# Ich suche einen Mittelalter Fantasy Spielemix



## der dumme fragen steller (10. April 2011)

Ich suche ein spiel das sowohl rpg als auch aufbau enthält .
Zum beispiel eine mischung aus wow und stronghold .
Ich will Misionen spielen können aber auch eine eigene stat bauen können bestenfalls mit mitspielern zusammen oder auch mit magischen dienern gern auch mit npc's.
Weis einer ob es so ein spiel giebt oder ist das ein wunschtraum .
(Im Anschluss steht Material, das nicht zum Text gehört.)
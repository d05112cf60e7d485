//! The program `jls-salvage` without its main: its four commands, and the run from the words to the exit status.
//!
//! - `reporting`: the commands `check` and `show`
//! - `tracing`: the lines on a copy's damage
//! - `writing`: the command `write`
//! - `joining`: the command `join`
//! - `inputs`: opens inputs by their names, reads them, and takes those of `join` in turn
//! - `command_laws`: laws of the commands
//! - `program`, `performing`: `run`: reads the words, does what they ask for, prints the line of the outcome and answers its status
//! - `hosted`: the program as `run_program` of jls_host runs it
//! - `printing`: the lines on the fault output that this program alone has
//! - `run_laws`: what a run of each command did that is done
//!
//! Each command answers `Done` or a `Refusal`, and prints nothing on the fault output. `check`, `show` and `write` take one input by
//! `open_and_read`. Definitions: `AllInputs` (all inputs, and how one stops a command), `Tracing` (the lines on
//! a copy), `Reporting` (what comes of `check` and `show`), `Joining` (of `join`), `WritingFiles` (of `write`), `CommandLaws`. In jls_cli:
//! `Outcomes` and `Outputs`.
//!
//! # What the commands do
//!
//! - `check` and `show` read one input and print exactly its report (`PrintsReport`). Before the report of a copy, `check` prints a line
//!   for each record of a faulty piece, and the number of those not kept. Then it prints where the copy ended, and whether a read failed or
//!   the reads were used up, with the number of bytes read. They create nothing.
//! - They are refused at the input, for lack of memory after the input was taken, or if a write to the report output failed. If a read
//!   failed after the frame, what the copy gives so far is printed, with status 4.
//! - `write` reads one input. It creates OUT only if each line is settled and, as JPEG-LS, the options fit. Then OUT is handed exactly the
//!   file of the picture (`WritesFile`). The parameters of JPEG-LS are the defaults of the precision (`options_for`).
//! - Otherwise `write` is refused, in one of these ways:
//!   - at the input;
//!   - for the first line that is not settled, by component and then by line. Its identifier and number are answered, and whether it is
//!     disputed or missing;
//!   - as JPEG-LS, if an interval would be too large (`IsTooLarge`). Nothing is created (status 2);
//!   - at OUT. It was not created, or a write failed after the first bytes of the file were handed out, not all.
//! - As PNM, `write` can't run out of memory once the input is taken. As JPEG-LS it can while the file goes out. Then OUT was handed its
//!   first bytes, not all, and no write failed.
//!
//! Definitions of runs: `Runs` (which runs there are), `FaultLines` (here and in jls_cli), `RunLaws`, `Statuses`, `BrokenReads`. Its tests
//! run it over files in memory (`jls_program_tests/src/program/memory.rt`).
//!
//! # What a run does
//!
//! `run` has one clause (`Ran`). It says which events were added to the histories of the desk, the report output and the fault output, and
//! that nothing else was done. There are these cases:
//!
//! - **What the words ask for.** The events of the desk and of the report output are those of the command (`CameOf`). The status and the
//!   printed line are functions of its `Outcome` (`exit_status`, `fault_line`). *What the commands do* has those of `check`, `show`
//!   and `write`. `join` has the four cases below.
//! - **Words that clap refuses.** A text goes to the fault output, with status 2. If they ask for help or for the version, it goes to the
//!   report output. Then the status is 0, or 4 if a write fails there. The desk is untouched. In words such as `help join`, clap's
//!   definition finds both a request for help and an unknown command, so both answers are allowed. That `help join` gives help is tested.
//! - **No memory before a command began.** The status is 5, and the desk is untouched.
//! - **Words that clap takes and that ask for nothing**, as `write --as gif OUT FILE`. The status is 2, with one line on the fault output.
//!
//! The cases of `join`:
//!
//! - done: each FILE was opened by its name, in order, and read. Each was a text, or a copy with a frame whose readings were taken under
//!   the number of `--source`, or none. All have one shape. Then OUT was created once, by its name, and handed exactly the text of the
//!   union. Nothing is printed. The status is 0 if every line is settled, else 1. But it is 4 if a copy was not read whole, because a
//!   read failed or the reads were used up
//! - refused at a FILE: those before it were taken, and none after it was opened. Nothing was created. Status 4: it was not opened, or
//!   reading stopped early in a text or in a copy without a frame. Status 3: its bytes are no text, or a copy without a frame, or its shape
//!   is another. Status 5: memory ran out
//! - no memory for the text: all FILEs were taken. Nothing was created. Status 5
//! - refused at OUT: all FILEs were taken. OUT was not created, or it was handed the first bytes of the text, not all, when a write
//!   failed. Status 4
//!
//! A refusal prints one line (`fault_line`). It has the name of the FILE or OUT and the cause, with the offset in a bad text or the number
//! of bytes written. Or it names the line of the picture that is missing or disputed, or says only that memory ran out. `join` and `write`
//! write nothing to the report output. A failed write to the report output is reported with the name `-`, and status 4. A line on the fault
//! output may be cut off by a write that fails there.
//!
//! Laws say this in simpler words. For status 0 and 1: `done_joins_ran`, `done_checks_ran` and `done_shows_ran`. For `write`:
//! `done_writes_ran` of status 0, and `unsettled_writes_stop` of status 1. These laws hold for any run:
//!
//! - Status 2 or 3: no output was created and nothing was reported (`refused_runs_create_nothing`)
//! - Status 2: clap refused the words. Or they ask for nothing, or for a JPEG-LS file with an interval that would be too large
//!   (`words_cause_status_2`)
//! - Status 3: the last input that was opened was read whole, and is no text and no copy with a frame. Or it has another shape than the
//!   first, as far as it was read (`inputs_cause_status_3`)
//! - Status 4: something was not opened or created, a read or a write failed, or the reads of an input were used up
//!   (`failures_cause_status_4`)
//! - Status 4, and only reads failed: the words ask for a command. It was done with all that was read, though an input was not read whole.
//!   Or the run stopped at an input that was not read whole, and nothing was reported. That input begins as a text, or no frame was taken
//!   in what was read of it (`broken_reads_cause_status_4`)
//! - Status 5: the line that memory ran out was printed (`want_of_memory_is_reported`)
//! - Any status is at most 5 (`statuses_are_at_most_5`)
//!
//! The texts of help, usage and version are clap's. No contract says what they say, or that there is one.
#![tactic(auto)]

mod command_laws;
mod hosted;
mod inputs;
mod joining;
mod performing;
mod printing;
mod program;
mod reporting;
mod run_laws;
mod tracing;
mod writing;

pub use command_laws::{same_inputs_same_output, surviving_lines_give_the_picture};
pub use hosted::Salvage;
pub use inputs::JoinInputs;
pub use joining::join;
pub use printing::PROGRAM;
pub use program::run;
pub use reporting::print_report;
pub use run_laws::{
    broken_reads_cause_status_4, done_checks_ran, done_joins_ran, done_shows_ran, done_writes_ran,
    failures_cause_status_4, inputs_cause_status_3, refused_runs_create_nothing,
    statuses_are_at_most_5, unsettled_writes_stop, want_of_memory_is_reported,
    words_cause_status_2,
};
pub use writing::{Format, write};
vielen dank für die antwort in voraus


----------



## -Lucky+Devil- (10. April 2011)

*AW: ich suche Mitellalter Fatasy Spielemix*

Hi, 

hab's zwar selber nicht gespielt, aber Mount & Blade (Demo) soll ganz gut sein (ist aber weniger Fantasy und mehr Mittelalter, glaub ich). Man kann zwar keine Stadt bauen, aber die Kämpfe (Missionen) sollen ziemlich gut sein. Grafisch ist es nicht mehr so neu, aber es soll einige Mods geben.
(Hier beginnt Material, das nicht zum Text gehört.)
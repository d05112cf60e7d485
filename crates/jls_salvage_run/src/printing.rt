//! The lines on the fault output that this program alone has. A write that fails there is ignored: there is nowhere left to say so.

ghost use Rattle.jls_io.specs.Event.{GrewBy};
ghost use Rattle.jls_io.specs.Writing.{Printed};
ghost use Rattle.jls_salvage_run.specs.FaultLines.{unknown_value_line};

use jls_io::{Sink, print_plain};

/// The name of the program, with which each fault line begins.
pub const PROGRAM: &str = "jls-salvage";

/// Prints that an option has a value which it doesn't take: the interleave mode where the format is known, else the format.
pub(crate) fn print_unknown_value<E: Sink>(faults: &mut E, format_is_known: bool)
    ensures { GrewBy (Printed (unknown_value_line format_is_known)) (E.history faults.old) (E.history faults.new) }
{
    if format_is_known {
        print_plain(faults, PROGRAM, "--ilv takes none or line");
    } else {
        print_plain(faults, PROGRAM, "--as takes jls or pnm");
    }
}
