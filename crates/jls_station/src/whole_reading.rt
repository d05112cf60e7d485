//! A copy that is read to its end.

ghost use Rattle.std.specs.Prelude.{◌≡◌, [], Some, IfOk, OnErr, OnOk};
ghost use Rattle.std.specs.Io.KnownBytes.{Consumes};
ghost use Rattle.jls_io.specs.Event.{GrewBy};
ghost use Rattle.jls_station.specs.Reading.{IsRead, IsReadInPart};
ghost use Rattle.jls_station.specs.CopyFiles.{begins_as_text, IsTextPrefix};

use crate::input::ReadStop;
use crate::reading::{Intake, read_on};
use jls_io::Source;
use std::alloc::AllocError;

/// Whether the bytes begin as each text of a partial picture does.
pub(crate) fn is_text(bytes: &[u8]) -> bool
    ensures { result ≡ begins_as_text bytes.now }
{
    bytes.starts_with(b"JLSP")
}

/// A copy that is read to its end, unless it begins as a text.
struct WholeIntake;

impl Intake for WholeIntake {
    type Held = Vec<u8>;

    ghost fed = { λ bytes. Some bytes.items };

    ghost IsEnough = { IsTextPrefix };

    fn is_enough(bytes: &Vec<u8>) -> bool {
        is_text(bytes)
    }

    fn put(bytes: &mut Vec<u8>, more: &[u8]) -> Result<(), AllocError> {
        bytes.extend_from_slice(more)
    }
}

/// Reads a copy to the end of the device, from its current position on. Bytes after the end of the picture are read too. They go into
/// the room of `bytes`. Reads have room for at most 4,096 bytes, and there are at most 4,294,967,295 of them. None is made once the
/// bytes begin as the text of a partial picture: that stops the reading as its end does.
pub(crate) fn read_to_end<S: Source>(
    device: &mut S,
    bytes: &mut Vec<u8>,
) -> Result<ReadStop, AllocError>
    ensures read { IfOk result (λ stop.
        GrewBy (λ reads. IsRead IsTextPrefix reads bytes.new.items stop) (S.history device.old) (S.history device.new)) }
    ensures refused { OnErr result (GrewBy (IsReadInPart IsTextPrefix) (S.history device.old) (S.history device.new)) }
    ensures known { OnOk result (Consumes (S.remaining device.old) (S.remaining device.new) bytes.new.items) }
{
    bytes.clear();
    read_on::<S, WholeIntake>(device, bytes, 0)
}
Ansonsten kann ich dir diese Umfrage über Spiele mit der besten mitteralterlichen Atmosphäre empfehlen.


----------



## Ceyone (10. April 2011)

*AW: ich suche Mitellalter Fatasy Spielemix*

Hi,

wahrscheinlich Spellforce 1/2 erfüllt die meisten deiner Wünsche.
Wenn ich das richtig verstanden habe.


----------



## der dumme fragen steller (12. April 2011)
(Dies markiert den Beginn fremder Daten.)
//! One copy of a file.

ghost use Rattle.std.specs.Prelude.{IfErr, IfOk};
ghost use Rattle.jls_io.specs.Event.{GrewBy};
ghost use Rattle.jls_station.specs.CopyFiles.{copy_of, IsCopyRead, StopsAtCopy};

use crate::input::ReadStop;
use crate::whole_reading::{is_text, read_to_end};
use jls_io::Desk;
use std::alloc::Global;

/// A copy that was read into memory.
#[derive(Drop)]
pub struct CopyFile {
    /// All of its bytes, or as many as were read before the reading stopped.
    pub bytes: Vec<u8>,
    /// How the reading stopped.
    pub stop: ReadStop,
}

/// Why a copy is not taken.
#[derive(Clone, Copy, Debug, PartialEq, Eq)]
pub enum CopyCause {
    /// It can't be opened.
    NotOpened,
    /// It begins as the text of a partial picture.
    PartialPicture,
    /// Memory ran out.
    OutOfMemory,
}

/// Why copies are not taken, and the name of the copy at which it showed.
#[derive(Clone, Copy, Debug, PartialEq, Eq)]
pub struct CopyRefusal<'a> {
    pub name: &'a str,
    pub cause: CopyCause,
}

/// Opens a copy and reads it to its end. What was read is kept if a read fails, and if all reads that may be made are used up.
pub(crate) fn open_and_read_copy<D: Desk>(
    alloc: Global,
    desk: &mut D,
    name: &str,
) -> Result<CopyFile, CopyCause>
    ensures read { IfOk result (λ copy. GrewBy (IsCopyRead name.now (copy_of copy)) (D.history desk.old) (D.history desk.new)) }
    ensures stopped { IfErr result (λ cause. GrewBy (StopsAtCopy name.now cause) (D.history desk.old) (D.history desk.new)) }
{
    match desk.open_input(name) {
        Ok(()) => {}
        Err(_) => return Err(CopyCause::NotOpened),
    }
    let mut bytes = Vec::new(alloc);
    let stop = match read_to_end(desk, &mut bytes) {
        Ok(stop) => stop,
        Err(_) => return Err(CopyCause::OutOfMemory),
    };
    if is_text(&bytes) {
        return Err(CopyCause::PartialPicture);
    }
    Ok(CopyFile { bytes, stop })
}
*AW: ich suche Mitellalter Fatasy Spielemix*

Spellforce 1 und 2 hab ich,Mount and Blade hab ich noch nicht gespielt kenne ich aber.
ist beides nicht was ich suche aber trozdem danke .
was ich meine ist ein openworld game mit sowohl rpg als auch aufbau teil.


----------



## blaidd (12. April 2011)

*AW: ich suche Mitellalter Fatasy Spielemix*

Du könntest dir mal Two Worlds II angucken. Das ist Open World und es hat einen Multiplayer-Modus in dem man mit anderen Mitspielern ein Dorf/eine Stadt hochziehen kann (hab diesen Multiplayer-Modus allerdings nicht ausprobiert, aber auf Google/Youtube findest du bestimmt was dazu). Sonst fällt mir auf dem PC nichts ein. Ist eine ziemlich wilde Mischung... Wenn du auf's Städtebauen verzichten kannst, gibt's gleich einen ganzen Haufen mehr (Morrowind, Oblivion, Fable etc.)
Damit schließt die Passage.